Le case a livello strutturale rimarranno sempre queste, ma poiché passeremo più tempo in casa e comunque lavorando da casa la vivremo in maniera più intensa, dovrà essere più flessibile ma senza rinunciare alla bellezza. Nel senso che non faremo un ufficio in casa, ma magari useremo il tavolo da pranzo anche per lavorare. E allora avremo bisogno di una sedia più confortevole su cui non solo mangiare ma anche passare più ore lavorando.
# Puoi citare un artista, un’opera che ti hanno particolarmente influenzato/ispirato nel tuo lavoro?
Personalmente amo i tagli di Lucio Fontana. La sua sicurezza nell’incidere la tela era imparagonabile. È la volontà di andare oltre, oltre ai limiti imposti dalla superficie pittorica stessa. Fino al suo definitivo superamento. Aprendo una breccia verso un universo parallelo, uno spazio mentale alternativo. Noi spettatori rimaniamo sospesi lì davanti a uno squarcio su un’altra dimensione, ci aspettiamo qualcosa che ancora non sappiamo immaginare.
# Sei solito definire Giulio Cappellini architetto, designer e imprenditore pluripremiato, come il tuo mentore. Lui ha trovato te o tu hai cercato lui?
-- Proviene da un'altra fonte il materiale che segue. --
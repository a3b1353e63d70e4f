//! Words without order, and the values and points that they choose.
ghost use Rattle.std.specs.Prelude.{◌≡◌, ◌≤◌, length};

use pls_archive::Point;
use pls_vectors::{Sol, Vector};

/// The next word of a generator, whose upper bits are the better ones.
pub fn next_word(word: u64) -> u64 {
    word.wrapping_mul(6_364_136_223_846_793_005)
        .wrapping_add(1_442_695_040_888_963_407)
}

/// Parts that a word chooses: their sum is mostly that of the others, so that many are in no order, and some are equal.
fn parts_of(word: u64) -> [u8; 4] {
    let a = ((word >> 8) % 40) as u8;
    let b = ((word >> 24) % 40) as u8;
    let c = ((word >> 40) % 40) as u8;
    let less = if word % 16 < 3 {
        ((word >> 52) % 5) as u8
    } else {
        0
    };
    [a, b, 60 - a - less, 60 - b + c / 8]
}

/// The value of so many parts that a word chooses: of two parts, the first and the third.
pub fn vector_of(word: u64, objectives: u8) -> Vector
    requires objectives { (2 ≤ objectives) × (objectives ≤ 4) }
    ensures { length result ≡ objectives }
{
    let [a, b, c, d] = parts_of(word);
    match objectives {
        2 => Vector::from_places(2, [a as i64, c as i64, 0, 0]),
        3 => Vector::from_places(3, [a as i64, b as i64, c as i64, 0]),
        _ => Vector::from_places(4, [a as i64, b as i64, c as i64, d as i64]),
    }
}

/// The point of so many parts that a word chooses, with a choice of nothing among so many items.
pub fn point_of(word: u64, objectives: u8, items: u16) -> Point
    requires objectives { (2 ≤ objectives) × (objectives ≤ 4) }
    requires items { (1 ≤ items) × (items ≤ 256) }
    ensures { length result.value ≡ objectives }
{
    Point {
        value: vector_of(word, objectives),
        sol: Sol::bits(items),
    }
}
È stato lui a scoprirmi, è il mio maestro. L’ho conosciuto una dozzina di anni fa durante una fiera, mi chiese di provare a dare un’interpretazione di una bambola in plexiglass, un progetto dell’Unicef per la Galleria Vittorio Emanuele II di Milano. Il mio intervento fu semplicemente una linea, però ben fatta, un semplice tratto che lo sorprese. Ci siamo incontrati e lui ha creduto in me, penso colpito per la passione con la quale descrivevo il mio lavoro. Nel settore del design non basta essere bravi. Oggi è sicuramente più difficile per un giovane emergere, l’asticella si è alzata molto. Oltre al talento ed allo studio, è anche necessario incontrare dei visionari che puntano sui giovani, dei buoni maestri che diventino punti di riferimento senza però lasciarsi influenzare troppo, per poter così trovare un proprio stile che fa la differenza.
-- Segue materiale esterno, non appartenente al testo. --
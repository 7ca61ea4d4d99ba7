ghost use Rattle.std.specs.Prelude.{◌≡◌, true, flat_map, IfOk, IfSome, OnSome};
ghost use Rattle.std.specs.Str.{bytes_eq, is_utf8};
ghost use Rattle.std.specs.Ordering.{nat_cmp};
ghost use Rattle.std.specs.Cmp.Lexicographic.{slice_cmp};
ghost use Rattle.std.proofs.Common.{rules};
ghost use Rattle.std.specs.Cmp.Rules.{comparing};
ghost use Rattle.field_types.specs.Field.{type_of};
ghost use Rattle.field_types.specs.Known.{IsRowOf};
ghost use Rattle.base_types.specs.JsonText.{escaped};

use crate::field::{Row, compare_rows, kind_of, name_of, row_of, type_of};
use crate::{FieldKey, FieldType};
use base_types::{OutOfMemory, Text};
use std::alloc::Global;
use std::cmp::Ordering;
use std::marker::Model;

// Names of the table of fields take no memory.
#[derive(Debug, Drop)]
enum Name {
    Known(Row),
    Other(Text),
}

/// The name of a field. Contracts see its bytes.
#[derive(Debug, Drop)]
pub struct FieldName {
    name: Name,
}

impl Model for FieldName {
    ghost use Rattle.std.specs.Prelude.{List, ℕ};
    ghost use Rattle.field_types.specs.Known.{name_bytes};

    ghost Value = { List ℕ };

    ghost view = { λ n. name_bytes n.name };
}

impl PartialEq for FieldName {
    ghost eq = { bytes_eq };

    ghost laws = { Prim.search (comparing, rules) };

    fn eq(&self, other: &FieldName) -> bool {
        self.as_str() == other.as_str()
    }
}

impl Eq for FieldName {
    ghost laws = { Prim.search (comparing, rules) };
}

impl From<Text> for FieldName {
    ghost from_gives = { λ text name. name ≡ text };

    fn from(text: Text) -> Self {
        FieldName {
            name: Name::Other(text),
        }
    }
}

impl FieldName {
    /// The name of this text. One of the table of fields takes no memory.
    pub fn new(alloc: Global, name: &str) -> Result<FieldName, OutOfMemory>
        ensures { IfOk result (λ made. made ≡ name.now) }
    {
        match FieldName::known(name.as_bytes()) {
            Some(known) => Ok(known),
            None => Ok(FieldName::from(Text::from(String::from_str(alloc, name)?))),
        }
    }

    /// The name in the table of fields that these bytes are. It stands in a JSON string as it is.
    pub fn known(name: &[u8]) -> Option<FieldName>
        ensures named { IfSome result (λ known. known ≡ name.now) }
        ensures utf8 { OnSome result (is_utf8 name.now ≡ true) }
        ensures plain { OnSome result (flat_map escaped name.now ≡ name.now) }
    {
        match row_of(name) {
            Some(row) => Some(FieldName {
                name: Name::Known(row),
            }),
            None => None,
        }
    }

    /// The kind of the field; None exactly where there is no field of this name. It takes no memory.
    pub fn kind(&self) -> Option<FieldType>
        ensures { result ≡ type_of self.now }
    {
        match &self.name {
            Name::Known(row) => Some(kind_of(*row)),
            Name::Other(name) => type_of(name),
        }
    }

    pub fn as_str(&self) -> &str
        ensures { result.now ≡ self.now }
    {
        match &self.name {
            Name::Known(row) => name_of(*row),
            Name::Other(text) => text.as_str(),
        }
    }

    pub fn bytes(&self) -> &[u8]
        ensures { result.now ≡ self.now }
    {
        self.as_str().as_bytes()
    }

    fn row(&self) -> Option<Row>
        ensures { IsRowOf result self.now }
    {
        match &self.name {
            Name::Known(row) => Some(*row),
            Name::Other(_) => None,
        }
    }

    /// The name, to look for.
    pub fn as_key(&self) -> FieldKey<'_>
        ensures { result ≡ self.now }
    {
        FieldKey::with_row(self.as_str(), self.row())
    }

    /// The order of the names' bytes.
    pub fn compare(&self, other: &FieldName) -> Ordering
        ensures { result ≡ slice_cmp nat_cmp self.now other.now }
    {
        match (self.row(), other.row()) {
            (Some(row), Some(other)) => compare_rows(row, other),
            _ => self.bytes().cmp(other.bytes()),
        }
    }

    /// The order of the names' bytes.
    pub fn compare_key(&self, key: &FieldKey<'_>) -> Ordering
        ensures { result ≡ slice_cmp nat_cmp self.now key.now }
    {
        match (self.row(), key.row()) {
            (Some(row), Some(other)) => compare_rows(row, other),
            _ => self.bytes().cmp(key.as_str().as_bytes()),
        }
    }

    pub fn copy(&self, alloc: Global) -> Result<FieldName, OutOfMemory>
        ensures { IfOk result (λ copied. copied ≡ self.now) }
    {
        match &self.name {
            Name::Known(row) => Ok(FieldName {
                name: Name::Known(*row),
            }),
            Name::Other(text) => Ok(FieldName::from(text.copy(alloc)?)),
        }
    }
}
# Oltre alle collaborazioni con altre aziende, hai creato il tuo proprio brand.
Volevo potermi esprimere senza compromessi stilistici. È una collezione di complementi per la tavola, realizzata da artigiani italiani, dove ogni tipologia di prodotto è connotata da un materiale: per esempio il metallo per i vasi, il legno per i centritavola, il marmo per i piatti, il vetro per le brocche. Un nuovo concetto di lusso, non più sinonimo di sfarzo e opulenza, ma sintesi di semplicità e rigore delle forme.
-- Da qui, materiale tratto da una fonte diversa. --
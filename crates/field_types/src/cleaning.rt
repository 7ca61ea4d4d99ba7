ghost use Rattle.std.specs.Prelude.{◌≡◌, List, ℕ, Some};
ghost use Rattle.std.specs.List.{list_all};
ghost use Rattle.field_types.specs.declared.kind.FieldType.TheVariants as kind;
ghost use Rattle.field_types.specs.declared.value.Value.{Value as AnyValue};
ghost use Rattle.field_types.specs.declared.value.Value.TheVariants as value;
ghost use Rattle.field_types.specs.Cleaning.{clean, is_extra_item, is_short, IsCleaned, IsOfKind};
ghost use Rattle.field_types.specs.Kept.{takes_words, takes_items};
ghost use Rattle.base_types.specs.JsonText.{flag_word};

use crate::texts::{Kept, is_accuracy, keep};
use crate::value::copy_items;
use crate::{FieldFault, FieldType, Item, ItemList, Value};
use base_types::{Text, flag_word};
use scalar_text::{print_decimal, strip};
use std::alloc::Global;

const MILLION: i64 = 1_000_000;

fn copy_of(alloc: Global, text: &str) -> Result<Value, FieldFault>
    ensures { IsCleaned (Some (value.Text text.now)) result }
{
    Ok(Value::Text(Text::from(String::from_str(alloc, text)?)))
}

/// The canonical value of a kind for a text; `BadValue` exactly where it has none.
pub fn sanitise_text(alloc: Global, kind: FieldType, text: &str) -> Result<Value, FieldFault>
    ensures { IsCleaned (clean kind (value.Text text.now)) result }
{
    let stripped = strip(text);
    match keep(alloc, kind, stripped) {
        Ok(Kept::Same) => copy_of(alloc, stripped),
        Ok(Kept::Other(value)) => Ok(value),
        Err(fault) => Err(fault),
    }
}

// The same for a text that may be kept itself.
fn clean_text(alloc: Global, kind: FieldType, text: Text) -> Result<Value, FieldFault>
    ensures { IsCleaned (clean kind (value.Text text)) result }
{
    let stripped = strip(text.as_str());
    let is_whole = stripped.len() == text.as_str().len();
    match keep(alloc, kind, stripped) {
        Ok(Kept::Same) if is_whole => Ok(Value::Text(text)),
        Ok(Kept::Same) => copy_of(alloc, stripped),
        Ok(Kept::Other(value)) => Ok(value),
        Err(fault) => Err(fault),
    }
}

// Whether it has at most 18 digits.
fn is_short(n: i64) -> bool
    ensures { result ≡ is_short n }
{
    n.unsigned_abs() < 1_000_000_000_000_000_000
}

fn whole_as_whole(n: i64) -> Result<Value, FieldFault>
    ensures { IsCleaned (clean kind.Whole (value.Whole n)) result }
{
    if !is_short(n) {
        return Err(FieldFault::BadValue);
    }
    Ok(Value::Whole(n))
}

fn whole_as_asn(n: i64) -> Result<Value, FieldFault>
    ensures { IsCleaned (clean kind.Asn (value.Whole n)) result }
{
    if n < 1 || n > u32::MAX as i64 {
        return Err(FieldFault::BadValue);
    }
    Ok(Value::Whole(n))
}

fn whole_as_port(n: i64) -> Result<Value, FieldFault>
    ensures { IsCleaned (clean kind.Port (value.Whole n)) result }
{
    if n < 0 || n > u16::MAX as i64 {
        return Err(FieldFault::BadValue);
    }
    Ok(Value::Whole(n))
}

fn whole_as_decimal(n: i64) -> Result<Value, FieldFault>
    ensures { IsCleaned (clean kind.Decimal (value.Whole n)) result }
{
    if n.unsigned_abs() >= 1_000_000_000_000 {
        return Err(FieldFault::BadValue);
    }
    Ok(Value::Decimal(n * MILLION))
}

fn whole_as_accuracy(n: i64) -> Result<Value, FieldFault>
    ensures { IsCleaned (clean kind.Accuracy (value.Whole n)) result }
{
    if n < 0 || n > 100 {
        return Err(FieldFault::BadValue);
    }
    Ok(Value::Decimal(n * MILLION))
}

fn whole_as_flag(n: i64) -> Result<Value, FieldFault>
    ensures { IsCleaned (clean kind.Flag (value.Whole n)) result }
{
    match n {
        0 => Ok(Value::Flag(false)),
        1 => Ok(Value::Flag(true)),
        _ => Err(FieldFault::BadValue),
    }
}

fn whole_as_extra(n: i64) -> Result<Value, FieldFault>
    ensures { IsCleaned (clean kind.Extra (value.Whole n)) result }
{
    if !is_short(n) {
        return Err(FieldFault::BadValue);
    }
    Ok(Value::Whole(n))
}

// Whether the kind takes numbers and flags by the text that they print.
fn takes_words(kind: FieldType) -> bool
    ensures { result ≡ takes_words kind }
{
    matches!(
        kind,
        FieldType::Text | FieldType::Lower | FieldType::Upper | FieldType::Cc
    )
}

pub fn clean_whole(alloc: Global, kind: FieldType, n: i64) -> Result<Value, FieldFault>
    ensures { IsCleaned (clean kind (value.Whole n)) result }
{
    if takes_words(kind) {
        return clean_text(alloc, kind, Text::from(format!(in alloc; "{n}")?));
    }
    match kind {
        FieldType::Whole => whole_as_whole(n),
        FieldType::Asn => whole_as_asn(n),
        FieldType::Port => whole_as_port(n),
        FieldType::Decimal => whole_as_decimal(n),
        FieldType::Accuracy => whole_as_accuracy(n),
        FieldType::Flag => whole_as_flag(n),
        FieldType::Extra => whole_as_extra(n),
        _ => Err(FieldFault::BadValue),
    }
}

fn decimal_as_decimal(n: i64) -> Result<Value, FieldFault>
    ensures decimal { IsCleaned (clean kind.Decimal (value.Decimal n)) result }
    ensures extra { IsCleaned (clean kind.Extra (value.Decimal n)) result }
{
    if !is_short(n) {
        return Err(FieldFault::BadValue);
    }
    Ok(Value::Decimal(n))
}

fn decimal_as_accuracy(n: i64) -> Result<Value, FieldFault>
    ensures { IsCleaned (clean kind.Accuracy (value.Decimal n)) result }
{
    if !is_accuracy(n) {
        return Err(FieldFault::BadValue);
    }
    Ok(Value::Decimal(n))
}

pub fn clean_decimal(alloc: Global, kind: FieldType, n: i64) -> Result<Value, FieldFault>
    ensures { IsCleaned (clean kind (value.Decimal n)) result }
{
    if takes_words(kind) {
        return clean_text(alloc, kind, print_decimal(alloc, n)?);
    }
    match kind {
        FieldType::Decimal | FieldType::Extra => decimal_as_decimal(n),
        FieldType::Accuracy => decimal_as_accuracy(n),
        _ => Err(FieldFault::BadValue),
    }
}

pub fn clean_flag(alloc: Global, kind: FieldType, flag: bool) -> Result<Value, FieldFault>
    ensures { IsCleaned (clean kind (value.Flag flag)) result }
{
    if takes_words(kind) {
        return sanitise_text(alloc, kind, flag_word(flag));
    }
    match kind {
        FieldType::Flag | FieldType::Extra => Ok(Value::Flag(flag)),
        _ => Err(FieldFault::BadValue),
    }
}

// Whether an item of a list is one of further data.
fn is_extra_item(item: &Item) -> bool
    ensures { result ≡ is_extra_item item.now }
{
    match item {
        Item::Text(text) => !text.as_str().is_empty(),
        Item::Whole(n) | Item::Decimal(n) => is_short(*n),
        Item::Flag(_) => true,
    }
}

fn are_extra_items(items: &[Item]) -> bool
    ensures { result ≡ list_all is_extra_item items.now }
{
    items.iter().all(|item| is_extra_item(item))
}

// Whether the kind takes the list.
pub fn takes_items(kind: FieldType, items: &[Item]) -> bool
    ensures { result ≡ takes_items kind items.now }
{
    match kind {
        FieldType::Extra => are_extra_items(items),
        _ => false,
    }
}

fn sanitise_items(alloc: Global, kind: FieldType, items: &[Item]) -> Result<Value, FieldFault>
    ensures { IsCleaned (clean kind (value.List items.now)) result }
{
    if !takes_items(kind, items) {
        return Err(FieldFault::BadValue);
    }
    Ok(Value::List(copy_items(alloc, items)?))
}

/// The canonical value of a kind for a value; `BadValue` exactly where it has none.
pub fn sanitise(alloc: Global, kind: FieldType, value: &Value) -> Result<Value, FieldFault>
    ensures { IsCleaned (clean kind value.now) result }
{
    match value {
        Value::Text(text) => sanitise_text(alloc, kind, text.as_str()),
        Value::Whole(n) => clean_whole(alloc, kind, *n),
        Value::Flag(flag) => clean_flag(alloc, kind, *flag),
        Value::Decimal(n) => clean_decimal(alloc, kind, *n),
        Value::List(items) => sanitise_items(alloc, kind, items.as_slice()),
    }
}

/// The canonical value of a kind for a value, which is taken over: a value that is canonical already isn't copied.
/// `BadValue` exactly where it has none.
pub fn sanitise_own(alloc: Global, kind: FieldType, value: Value) -> Result<Value, FieldFault>
    ensures { IsCleaned (clean kind value) result }
{
    match value {
        Value::Text(text) => clean_text(alloc, kind, text),
        Value::Whole(n) => clean_whole(alloc, kind, n),
        Value::Flag(flag) => clean_flag(alloc, kind, flag),
        Value::Decimal(n) => clean_decimal(alloc, kind, n),
        Value::List(items) => clean_items(kind, items),
    }
}

fn clean_items(kind: FieldType, items: ItemList) -> Result<Value, FieldFault>
    ensures { IsCleaned (clean kind (value.List items)) result }
{
    if takes_items(kind, items.as_slice()) {
        Ok(Value::List(items))
    } else {
        Err(FieldFault::BadValue)
    }
}

/// To clean a value twice is to clean it once: what is kept of a value is canonical.
pub fn clean_values_stay(field_type: FieldType)
    ensures { (u v : AnyValue) → clean field_type u ≡ Some v → IsOfKind field_type v }
{}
# Oggetti scultorei ai confini con l’opera d’arte
Mi piace l’idea che i clienti possano acquistare “un Leonardo Talarico”, come fosse un’opera d’arte, un quadro!
# Dove trai ispirazione per i tuoi elementi di arredo?
Dalla musica, dall’arte, dalla natura. A volte sento una frase, vedo un dettaglio e può scattare qualcosa. Mi appunto ogni stimolo che incontro durante le mie giornate.
# Come ti approcci a un nuovo progetto?
Il punto di partenza per me è sempre il rigore, la pulizia delle linee e allo stesso tempo l’originalità dei dettagli. La purezza per migliorare, il rigore per dare valore agli oggetti. Posso disegnare una borsa, una sedia, uno sgabello, per me la bellezza nel design è la capacità di raggiungere l’essenziale, arrivando a mostrare l’anima di un oggetto. Elimino tutto ciò che non serve, cercando di enfatizzare piccoli dettagli con un tratto molto personale. E non esistono progetti che non si fondino sull’amore. La linea è la traccia dalla quale inizio a concepire un prodotto, su un foglio di carta.
# L’aspetto emozionale?
L’emozione è quella che crea l’oggetto quando viene inserito nello spazio. Il vaso Stems per Cappellini, ad esempio, è formato dall’incrocio di due linee, ma queste non sono casuali: hanno proporzioni ben precise e sono pensate per fondersi con il fiore che verrà inserito. Cerco di disegnare oggetti che siano in grado di cambiare immagine a seconda della prospettiva in cui si trova l’osservatore, così da poter essere percepiti ogni volta in modo diverso. Nella relazione con lo spazio emerge l’emozione.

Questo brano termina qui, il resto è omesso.